On another occasion, after having claimed that Obama’s stimulus “created or saved” some 60,000 jobs, the administration acknowledged that the number was bogus — arising from “unrealistic data.” The General Services Administration reportedly spent $84 million developing the official Recovery.gov website that announced jobs saved or created in non‑existent congressional districts, like Arizona’s 15th (that state has only eight congressional districts) or North Dakota’s 99th (that state has only one congressional district) — 440 non-existent congressional districts altogether. Ed Pound, the communications director of the Recovery Accountability & Transparency Board, said simply, “We report what the recipients submit to us.”

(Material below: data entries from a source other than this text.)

// A check, and what it answers where it fails.
ghost use Rattle.std.specs.Prelude.{◌≡◌, ℕ, not, [], ◌∷◌};
ghost use Rattle.format.specs.declared.faults.Fault.{Fault};
ghost use Rattle.format.specs.declared.faults.Fault.TheVariants.{Block, Record};
ghost use Rattle.format.specs.Refusals.{refusal_in, first_failing, check_of};

use crate::faults::{BlockCause, Fault, RecordCause};

// A cause of a layer, whose faults have a place.
pub(crate) trait Cause {
    // The fault of that cause at a place.
    ghost fault: { Self → ℕ → Fault };

    fn at(self, place: usize) -> Fault
        ensures { result ≡ fault self place };
}

impl Cause for BlockCause {
    ghost fault = { Block };

    fn at(self, place: usize) -> Fault {
        Fault::Block { cause: self, place }
    }
}

impl Cause for RecordCause {
    ghost fault = { Record };

    fn at(self, place: usize) -> Fault {
        Fault::Record { cause: self, place }
    }
}

// Refuses by the cause unless the check holds.
pub(crate) fn ensure<C: Cause + Drop>(holds: bool, cause: C, place: usize) -> Result<(), Fault>
    ensures { refusal_in result ≡ first_failing (check_of (C.fault cause place) (not holds) ∷ []) }
{
    if holds { Ok(()) } else { Err(cause.at(place)) }
}
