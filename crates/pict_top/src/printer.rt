// The watcher that writes what the steps of a run show.
use crate::form::Form;
use crate::print::{print_event, write_some};
use pict_heap::Heap;
use pict_machine::{Event, RunError, Watcher};
use pict_outside::Sink;
use pict_syntax::Names;
use pict_trace::line;
use std::alloc::{AllocError, Global};

/// Writes what each step shows on a sink, right after the step, in one write; nothing where there are no bytes.
#[derive(Drop)]
pub struct Printer<'a, O: Sink> {
    pub alloc: Global,
    pub form: Form,
    pub names: &'a Names,
    pub out: &'a mut O,
}

impl<'a, O: Sink> Watcher for Printer<'a, O> {
    ghost use Rattle.std.specs.Prelude.{◌≡◌, refl};
    ghost use Rattle.std.proofs.Common.{◌∙◌};
    ghost use Rattle.pict_top.specs.Printed.{form_of, written_after, WrittenInPart};

    ghost view = { λ p. O.taken p.out.now };

    ghost next = { λ p. written_after (form_of p.form p.names.now) };

    ghost torn = { λ p. WrittenInPart (form_of p.form p.names.now) };

    ghost faults = { λ p. O.faults p.out.now };

    ghost same = { λ p q. q.out.ghost_name ≡ p.out.ghost_name };

    ghost same_itself = { λ p. refl };

    ghost same_along = { λ p q r e f. f ∙ e };

    fn passes(&self) -> bool {
        match self.form {
            Form::Printed => true,
            Form::Line => false,
        }
    }

    fn see(&mut self, heap: &Heap, number: u64, event: &Event) -> Result<(), RunError> {
        match self.form {
            Form::Printed => print_event(self.out, heap, event),
            Form::Line => match line(self.alloc, self.names, heap, number, event) {
                Err(AllocError) => Err(RunError::Memory),
                Ok(line) => write_some(self.out, &line),
            },
        }
    }
}
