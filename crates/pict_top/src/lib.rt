//! The commands of `pict`: what the words ask for, and the call that does it over a shelf and two sinks.
#![tactic(auto)]

mod form;
mod laws;
mod notes;
mod objects;
mod one_shelf;
mod origin;
mod picking;
mod print;
mod printer;
mod replaying;
mod run;
mod siting;
mod status;
mod top;
mod work;

pub use laws::{
    law_built_runs_as_text, law_load_needs_no_shelf, law_one_outcome, law_one_site_runs_as_text,
    law_picked_is_answered,
};
pub use one_shelf::OneShelf;
pub use pict_load::load_text;
pub use pict_report::prelude;
pub use pict_words::{Command, Options, Usage, words_of};
pub use status::Status;
pub use top::pict;
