// How a call of the command ends.

/// How a call of the command ends.
#[derive(Clone, Copy, Debug, PartialEq, Eq)]
pub enum Status {
    /// The run is finished.
    Done,
    /// The text is refused, and the report on the error output says where and why.
    Refused,
    /// The words have no listed shape.
    Usage,
    /// The fuel is spent, and something is ready still.
    FuelSpent,
    /// A step divides by zero.
    Trap,
    /// The shelf failed.
    ReadFault,
    /// The output or the error output failed.
    WriteFault,
    /// Want of memory.
    Memory,
    /// The shelf has no such file.
    Missing,
    /// A step of an object's run is wrong: a message of another shape than the step asks for.
    Misshapen,
    /// A replay file doesn't agree with the program.
    Rejected,
}

impl Status {
    ghost use Rattle.std.specs.Prelude.{◌≡◌};
    ghost use Rattle.pict_top.specs.Numbers.{number_of};

    /// The exit status of the process.
    pub fn number(self) -> u8
        ensures { result ≡ number_of self }
    {
        match self {
            Status::Done => 0,
            Status::Refused => 1,
            Status::Usage => 2,
            Status::FuelSpent => 3,
            Status::Trap => 4,
            Status::ReadFault => 5,
            Status::WriteFault => 6,
            Status::Memory => 7,
            Status::Missing => 8,
            Status::Misshapen => 9,
            Status::Rejected => 10,
        }
    }
}
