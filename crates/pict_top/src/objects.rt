// Objects: those of accepted programs are written, and those of files are run.
ghost use Rattle.std.specs.Prelude.{◌≡◌, ◌≤◌, ◌⊎◌, Option, IfOk, OnErr, Err, length};
ghost use Rattle.pict_syntax.specs.declared.limits.TheConstants.{OBJECT_LIMIT};
ghost use Rattle.pict_core.specs.Closed.{IsClosed};
ghost use Rattle.pict_core.specs.Configuration.{opening};
ghost use Rattle.pict_core.specs.Plain.{plain_core};
ghost use Rattle.pict_outside.specs.Counts.{Rose};
ghost use Rattle.pict_outside.specs.Texts.{Texts};
ghost use Rattle.pict_front.specs.Answers.{plain_front};
ghost use Rattle.pict_gather.specs.Fetching.{text, MayGive};
ghost use Rattle.pict_object.specs.Cores.{IsObjectCore};
ghost use Rattle.pict_view.specs.Watching.{BrokeOff, Saw, SawOrTore};
ghost use Rattle.pict_exec.specs.Ends.{Anywhere, Executed, end_of};
ghost use Rattle.pict_report.specs.Reports.{AreShort};
ghost use Rattle.pict_top.specs.Changes.{change_of, FailedWithin, GainedFront};
ghost use Rattle.pict_top.specs.Guarded.{RanTo, RanSomehow};
ghost use Rattle.pict_top.specs.Meets.{Meets, RunReports};
ghost use Rattle.pict_top.specs.Origins.{MayGiveText};
ghost use Rattle.pict_top.specs.Printed.{form_of, written_after, WrittenInPart};
ghost use Rattle.pict_top.specs.declared.form.Form.TheVariants as form;
ghost use Rattle.pict_top.specs.Owed.{IsObjectFault, OwesObject, OwesRun};

use crate::form::Form;
use crate::printer::Printer;
use crate::replaying::refuse_alone;
use crate::status::Status;
use crate::top::{refuse, report_line, tell};
use pict_core::Core;
use pict_exec::{ExecEnd, execute};
use pict_front::Front;
use pict_machine::RunError;
use pict_object::{DecodeError, EncodeError, decode, encode};
use pict_outside::{Fetched, Shelf, ShelfError, Sink};
use pict_report as report;
use pict_syntax::{Code, FUEL_LIMIT, Names, OBJECT_LIMIT, Sources, Span};
use std::alloc::Global;

/// Writes the object of an accepted program, or reports that it is too big.
pub fn build_object<O: Sink, E: Sink>(
    alloc: Global,
    sources: &Sources,
    front: Front,
    out: &mut O,
    err: &mut E,
) -> Status
    requires short { AreShort sources.now.list.items }
    requires object { IsObjectCore front.names (plain_core front.core) }
    ensures meets { Meets (OwesObject sources.now.list.items (plain_front front)) (λ o. ⊥) ⊥
        (change_of O.taken O.faults out.old out.new) (change_of E.taken E.faults err.old err.new) result }
    ensures faults_stay { O.faults out.old ≤ O.faults out.new }
    ensures err_faults_stay { E.faults err.old ≤ E.faults err.new }
{
    let first_place = Span {
        text: 1,
        start: 0,
        end: 0,
    };
    match encode(alloc, &front.names, &front.core, OBJECT_LIMIT) {
        Err(EncodeError::Memory) => Status::Memory,
        Err(EncodeError::TooBig(_)) => refuse(alloc, sources, first_place, Code::O2, err),
        Ok(object) => tell(&object, Status::Done, out),
    }
}

/// Fetches the object of this name, and runs it for up to so many steps.
pub fn execute_object<S: Shelf, O: Sink, E: Sink>(
    alloc: Global,
    object: &str,
    fuel: u64,
    shelf: &mut S,
    out: &mut O,
    err: &mut E,
) -> Status
    requires fuel { fuel ≤ FUEL_LIMIT }
    ensures meets { Meets (OwesRun (MayGive (S.held shelf.old)) object.now fuel) (IsObjectFault object.now)
        (Rose (S.faults shelf.old) (S.faults shelf.new)) (change_of O.taken O.faults out.old out.new) (change_of E.taken E.faults err.old err.new) result }
    ensures each { Meets (OwesRun (MayGiveText (S.held shelf.old)) object.now fuel) (IsObjectFault object.now)
        (Rose (S.faults shelf.old) (S.faults shelf.new)) (change_of O.taken O.faults out.old out.new) (change_of E.taken E.faults err.old err.new) result
        ⊎ Rose (S.misses shelf.old) (S.misses shelf.new) }
    ensures held { S.held shelf.new ≡ S.held shelf.old }
    ensures counts { (S.faults shelf.old ≤ S.faults shelf.new) × (S.misses shelf.old ≤ S.misses shelf.new)
        × (O.faults out.old ≤ O.faults out.new) × (E.faults err.old ≤ E.faults err.new) }
{
    let name = object.as_bytes();
    match shelf.fetch(alloc, object, OBJECT_LIMIT) {
        Err(ShelfError::Memory) => Status::Memory,
        Err(ShelfError::Failed) => {
            report_line(alloc, name, ": cannot be read", Status::ReadFault, err)
        }
        Ok(Fetched::Missing) => report_line(alloc, name, ": no such file", Status::Missing, err),
        Ok(Fetched::TooLong(_)) => refuse_alone(alloc, name, Vec::new(alloc), 0, Code::O2, err),
        Ok(Fetched::Text(found)) => run_found(alloc, name, &found, fuel, out, err),
    }
}

/// Runs bytes that were found under this name, where they are an object.
fn run_found<O: Sink, E: Sink>(
    alloc: Global,
    name: &[u8],
    found: &[u8],
    fuel: u64,
    out: &mut O,
    err: &mut E,
) -> Status
    requires short { length found.now ≤ OBJECT_LIMIT }
    requires fuel { fuel ≤ FUEL_LIMIT }
    ensures meets { (held : Option Texts) → MayGive held name.now (text found.now) → Meets (OwesRun (MayGive held) name.now fuel) (λ o. ⊥) ⊥
        (change_of O.taken O.faults out.old out.new) (change_of E.taken E.faults err.old err.new) result }
    ensures each { (held : Option Texts) → MayGive held name.now (text found.now) → Meets (OwesRun (MayGiveText held) name.now fuel) (λ o. ⊥) ⊥
        (change_of O.taken O.faults out.old out.new) (change_of E.taken E.faults err.old err.new) result }
    ensures faults_stay { O.faults out.old ≤ O.faults out.new }
    ensures err_faults_stay { E.faults err.old ≤ E.faults err.new }
{
    let mut names = Names::new(alloc);
    let core = match decode(alloc, &mut names, found) {
        Ok(core) => core,
        Err(DecodeError::Memory) => return Status::Memory,
        Err(DecodeError::NotObject) => {
            return refuse_alone(alloc, name, Vec::new(alloc), 0, Code::O1, err);
        }
    };
    match run_guarded(alloc, &names, &core, fuel, out) {
        Err(RunError::Memory) => Status::Memory,
        Err(RunError::Sink) => Status::WriteFault,
        Ok(end) => report_run(alloc, name, end, err),
    }
}

/// Runs a process for up to `fuel` steps, up to one that is wrong, and writes what they print.
fn run_guarded<O: Sink>(
    alloc: Global,
    names: &Names,
    core: &Core,
    fuel: u64,
    out: &mut O,
) -> Result<ExecEnd, RunError>
    requires closed { IsClosed (plain_core core.now) }
    requires fuel { fuel ≤ FUEL_LIMIT }
    ensures ran { IfOk result (λ end. RanTo (plain_core core.now) fuel end (change_of O.taken O.faults out.old out.new)) }
    ensures sink { result ≡ Err RunError.Sink → RanSomehow (plain_core core.now) fuel (FailedWithin (change_of O.taken O.faults out.old out.new)) }
    ensures memory { result ≡ Err RunError.Memory → RanSomehow (plain_core core.now) fuel (GainedFront (change_of O.taken O.faults out.old out.new)) }
    ensures faults_stay { O.faults out.old ≤ O.faults out.new }
{
    print_run(alloc, names, core, fuel, out)
}

/// The same, by what a watcher sees who writes what is printed.
fn print_run<O: Sink>(
    alloc: Global,
    names: &Names,
    core: &Core,
    fuel: u64,
    out: &mut O,
) -> Result<ExecEnd, RunError>
    requires closed { IsClosed (plain_core core.now) }
    requires fuel { fuel ≤ FUEL_LIMIT }
    ensures end { IfOk result (λ end. Executed (plain_core core.now) fuel (end_of end)
        (Saw (written_after (form_of form.Printed names.now)) (O.taken out.old) (O.taken out.new))) }
    ensures broken { OnErr result (BrokeOff (opening (plain_core core.now)) fuel Anywhere
        (SawOrTore (written_after (form_of form.Printed names.now)) (WrittenInPart (form_of form.Printed names.now)) (O.taken out.old) (O.taken out.new))) }
    ensures sink { result ≡ Err RunError.Sink → Rose (O.faults out.old) (O.faults out.new) }
    ensures faults_stay { O.faults out.old ≤ O.faults out.new }
{
    let mut printer = Printer {
        alloc,
        form: Form::Printed,
        names,
        out,
    };
    execute(alloc, core, fuel, &mut printer)
}

/// Reports how the run of an object ended.
fn report_run<E: Sink>(alloc: Global, name: &[u8], end: ExecEnd, err: &mut E) -> Status
    ensures text { RunReports name.now end (change_of E.taken E.faults err.old err.new) result }
    ensures faults_stay { E.faults err.old ≤ E.faults err.new }
{
    match end {
        ExecEnd::Done => Status::Done,
        ExecEnd::FuelSpent => tell(report::SPENT, Status::FuelSpent, err),
        ExecEnd::Trap(_) => report_line(alloc, name, ": division by zero", Status::Trap, err),
        ExecEnd::Misshapen => {
            let said = ": message of a wrong shape";
            report_line(alloc, name, said, Status::Misshapen, err)
        }
    }
}
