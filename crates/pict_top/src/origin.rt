// Where a command's texts come from.
ghost use Rattle.std.specs.Prelude.{◌≡◌, ◌≤◌, IfOk, IfSome, MatchOption, length};
ghost use Rattle.pict_syntax.specs.declared.limits.TheConstants.{TEXT_LIMIT};
ghost use Rattle.pict_gather.specs.Entry.{lent};
ghost use Rattle.pict_words.specs.Plain.{plain_command};
ghost use Rattle.pict_words.specs.Words as words;
ghost use Rattle.pict_top.specs.Origins as origins;
ghost use Rattle.pict_top.specs.Origins.{AsksShelf, IsOwn, TakesText, origin_of};

use pict_load::load_text;
use pict_report::prelude;
use pict_words::{Command, Options};
use std::alloc::{AllocError, Global};

/// The name of a command's file or object, or `load` for the text that stands for one. Takes no memory.
pub fn name_of<'a>(command: Command<'a>) -> &'a str
    ensures { result.now ≡ origins.name_of (origin_of (plain_command command.entry)) }
{
    match command {
        Command::Run(options) => options.file,
        Command::Trace(options) => options.file,
        Command::Check(options) => options.file,
        Command::Code(options) => options.file,
        Command::Load(_) => "load",
        Command::Pick(_, options) => options.file,
        Command::Picked(_, options) => options.file,
        Command::Replay(options, _) => options.file,
        Command::Build(options) => options.file,
        Command::Exec(_, object) => object,
        Command::Sites(_, _, options) => options.file,
    }
}

/// What stands before a command's file: the prelude, unless the file stands alone. Takes no memory.
pub fn prelude_of(command: Command<'_>) -> Option<&'static [u8]>
    ensures is { lent result ≡ origins.prelude_of (origin_of (plain_command command.entry)) }
    ensures short { IfSome result (λ bytes. length bytes.now ≤ TEXT_LIMIT) }
{
    match command {
        Command::Run(options) => prelude_unless_bare(options),
        Command::Trace(options) => prelude_unless_bare(options),
        Command::Check(options) => prelude_unless_bare(options),
        Command::Code(options) => prelude_unless_bare(options),
        Command::Load(_) => None,
        Command::Pick(_, options) => prelude_unless_bare(options),
        Command::Picked(_, options) => prelude_unless_bare(options),
        Command::Replay(options, _) => prelude_unless_bare(options),
        Command::Build(options) => prelude_unless_bare(options),
        Command::Exec(_, _) => None,
        Command::Sites(_, _, options) => prelude_unless_bare(options),
    }
}

/// The name of the replay file, where the command replays one over its program. Takes no memory.
pub fn trace_of<'a>(command: Command<'a>) -> Option<&'a str>
    ensures { lent result ≡ origins.trace_of (plain_command command.entry) }
{
    match command {
        Command::Replay(_, trace) => Some(trace),
        _ => None,
    }
}

/// The object that a command runs, and the greatest number of steps; none where the command takes the text of a program. Takes no
/// memory.
pub fn object_of<'a>(command: Command<'a>) -> Option<(&'a str, u64)>
    ensures { MatchOption result (TakesText (plain_command command.entry)) (λ run. plain_command command.entry ≡ words.Exec run.1 run.0.now) }
{
    match command {
        Command::Exec(fuel, object) => Some((object, fuel)),
        _ => None,
    }
}

/// Whether the command writes the object of its program. Takes no memory.
pub fn builds(command: Command<'_>) -> bool
    ensures { result ≡ origins.builds (plain_command command.entry) }
{
    match command {
        Command::Build(_) => true,
        _ => false,
    }
}

/// The prelude, unless a file stands alone.
fn prelude_unless_bare(options: Options<'_>) -> Option<&'static [u8]>
    ensures is { lent result ≡ origins.prelude_of (origins.File options.entry.bare options.entry.file.now) }
    ensures short { IfSome result (λ bytes. length bytes.now ≤ TEXT_LIMIT) }
{
    if options.bare { None } else { Some(prelude()) }
}

/// The text that a command makes itself; none where it reads a file or an object. The error is want of memory.
pub fn own_text(alloc: Global, command: Command<'_>) -> Result<Option<Vec<u8>>, AllocError>
    ensures { IfOk result (λ own. MatchOption own (AsksShelf (origin_of (plain_command command.entry)))
        (λ text. IsOwn (origin_of (plain_command command.entry)) text.items)) }
{
    match command {
        Command::Load(n) => Ok(Some(load_text(alloc, n)?)),
        _ => Ok(None),
    }
}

Even if one were to accept the original claims that a million jobs were “saved or created,” the total amount of stimulus money spent was about $160 billion, which would mean each job cost taxpayers $160,000! In fact, when all the undocumented claims are discarded, the cost per government job is likely to be closer to what Cato Institute economist Alan Reynolds has estimated: $646,000. In some cases, the cost went much higher, as when nearly $6 million was spent to save just three jobs at Burson-Marsteller, a public relations firm headed by Hillary Clinton’s former pollster Mark Penn. Cost per job saved: $2 million.

One should keep in mind, of course, that stimulus money doesn’t come out of thin air. It comes from taxpayers. As a result of taxes needed to pay for stimulus, consumers have less money for spending, and employers have less money for hiring. Jobs created by stimulus are cancelled out when jobs are destroyed by taxation.

From the very beginning, Obama’s stimulus extravaganza was doomed to become a comedy of errors. Politicians don’t begin to have the kind of reliable, detailed information needed to run our vastly complex, fast-changing economy. Nor do politicians have incentives to make good business decisions. Moreover, it’s no secret that people aren’t as careful when they’re spending other people’s money as they are when they’re spending their own money. That Obama would again try to promote stimulus makes clear that his big-government ideology, progressivism, is intellectually broke.

Jim Powell, a senior fellow at the Cato Institute, is the author of FDR’s Folly, Bully Boy, The Triumph of Liberty and other books.